Market Update | December 14, 2022



After Domestic Mills raised spot pricing by roughly $60/t in mid-November, Cleveland Cliffs became the first to announce a second spot price increase for $50/t. Also setting minimum HRC pricing at $750. NLMK has followed Cliff’s lead and increased prices by $50/t as well. Increasing raw material costs and improved distribution market activity were reasons for the most recent increase.


Input Costs

As the recent up and down movement for zinc continues, pricing rebounded for the second consecutive week.

    • Zinc pricing came in at $1.51/lb this week, up from $1.45/lb previously and back over $1.50/lb for the first time since early September.


Spot iron ore pricing inched higher this week, climbing to $110.50/mt.

    • This is up 0.5% from the end of last week and is up 15.7% on a m/m basis.


December prime scrap pricing increased $30/gt in most regions, ending a string of seven consecutive declines.

    • Early indications are for further strengthening around scrap pricing in January.




U.S. raw steel production increased slightly again last week, now up for the second consecutive week.

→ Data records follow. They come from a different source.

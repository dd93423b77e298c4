//! Lines that are too long, and archives that are none.

use crate::archives::{archive_of, judges_bytes};
use aea_cli::Status;
use aea_disk::{Disk, SureDisk};
use aea_runs::run_over;
use std::alloc::Global;
use std::test::Fail;

// Whether a report of one line of so many bytes is refused over this disk.
fn is_too_long(alloc: Global, disk: &mut SureDisk, count: usize) -> bool {
    match vec![in alloc; b'x'; count] {
        Ok(input) => judges_bytes(alloc, disk, input.as_slice(), "refused: line too long 1\n"),
        Err(_) => false,
    }
}

// The same over an archive.
fn is_too_long_for_an_archive(alloc: Global, count: usize) -> bool {
    match archive_of(alloc, "create 3 2 5 64 4", b"abc") {
        Some(mut disk) => is_too_long(alloc, &mut disk, count),
        None => false,
    }
}

#[test]
fn a_line_may_not_be_too_long(rt: HostRuntime) -> Result<(), Fail> {
    assert!(rt; is_too_long_for_an_archive(rt.alloc(), 16_777_217));
    Ok(())
}

// Whether the command is refused so over this disk, and reads nothing.
fn is_refused(alloc: Global, disk: &mut SureDisk, line: &str, revealed: &str) -> bool {
    run_over(alloc, line, disk, 99).is_ok_and(|left| left.is(Status::Refused, "", revealed)
        && left.unread == 6)
}

// Whether the command is refused where there is no archive.
fn is_refused_without_one(alloc: Global, line: &str) -> bool {
    match SureDisk::new(alloc, 4, 4096, 4096) {
        Ok(mut none) => is_refused(alloc, &mut none, line, "refused: no archive\n"),
        Err(_) => false,
    }
}

// Whether the command is refused over a ledger with a bad byte.
fn is_refused_over_a_bad_one(alloc: Global, line: &str) -> bool {
    match archive_of(alloc, "create 3 2 5 64 4", b"abc") {
        Some(mut disk) => {
            disk.write(0, 9, &[4]).is_ok()
                && is_refused(alloc, &mut disk, line, "refused: ledger bad at 9\n")
        }
        None => false,
    }
}

#[test]
fn what_is_no_archive_is_not_judged(rt: HostRuntime) -> Result<(), Fail> {
    let alloc = rt.alloc();
    for line in ["verify", "explain d1"] {
        assert!(rt;
            is_refused_without_one(alloc, line) && is_refused_over_a_bad_one(alloc, line),
            "{line}"
        );
    }
    Ok(())
}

    • U.S. steelmakers produced 1.635 million tons at an 73.3% utilization rate.
    • Production last week was down 7.5% compared to the same week last year and YTD production is now down 5.5% from the same time last year.


Based on preliminary import license data, the daily average for December (12 days) shows flat rolled steel imports were down 15.8% compared to November.

    • While still early in the month, coated imports are tracking flat month-over-month.


Hot-dipped galvanized import licenses showed a 9.3% declined compared to October.

    • Total carbon flat rolled inventory came in at 4.157 million tons, down 3.8% from 4.320 million tons in October.
    • Carbon flat rolled inventory saw its first year-over-year decline since August 2021 however, sliding 5.1% from 4.379 million tons in November 2021; the year-over-year decline ended a string of fourteen consecutive months with an increase.
    • Coated flat rolled inventory came in at 1.124 million tons, down from 1.206 million tons in October but still up 3.8% from 1.084 million tons in November 2021.




Overall carbon flat rolled shipments, from U.S. service centers, slipped lower on a month-over-month basis but were up 3.1% from year ago levels.

    • Total carbon flat rolled shipments declined to 2.006 million tons, down from 2.126 million tons in October but were up 3.1% from 1.946 million tons in November 2021.

    • Coated flat rolled shipments totaled 533.2 thousand tons (26.7 thousand tons/day) in November; this is down from 571.6 thousand tons (27.2 thousand tons/day) in October and is down from 614.3 thousand tons (30.7 thousand tons/day) in November 2021.

    • November was the weakest shipment month for coated flat rolled material since May 2020.




Prices paid by consumers increased at a slower rate in November and has now seen five consecutive months of slowing growth since peaking in June.

    • The Consumer Price Index increased 7.11% compared to November last year and was down 0.10% from October.
    • Excluding food and energy, prices increased 0.10% from October and were up 5.96% from November 2021.
    • The shelter index (+7.1%) accounted for nearly half of the total year-over-year increase.
    • Household furnishings (+7.6%), medical care (+4.2%) and new vehicles (+7.2%) all saw notable year-over-year increases in November.


The shipment component of the Freight Index slipped in November, sliding 1.9% from October and 0.4% compared to November 2021.

  • Temporary factors like end of the year inventory repositioning and pre-interest rate hike demand helped push the shipment component higher of late but that started to ease in November.
  • While the overall environment is stable, headwinds such as weaker imports and slowing consumer demand could pull the index lower.
  • The expenditure component, which measures the total spend on freight, increased 1.8% from October and was up 4.7% compared to a year ago.
  • The slowing of shipments, combined with the increases to spend lead to an increase in overall freight rates.
  • Inferred freight rates (spend/shipments) increased 3.7% in November.







This material, information and analyses (the “Content”) may include certain statements, estimates and projections prepared with respect to, among other things, historical data and anticipated performance.  Content may reflect various assumptions by Majestic Steel USA, Inc. concerning anticipated results that are inherently subject to significant economic, competitive and other uncertainties and contingencies and have been included for illustrative purposes.  Content is provided AS-IS.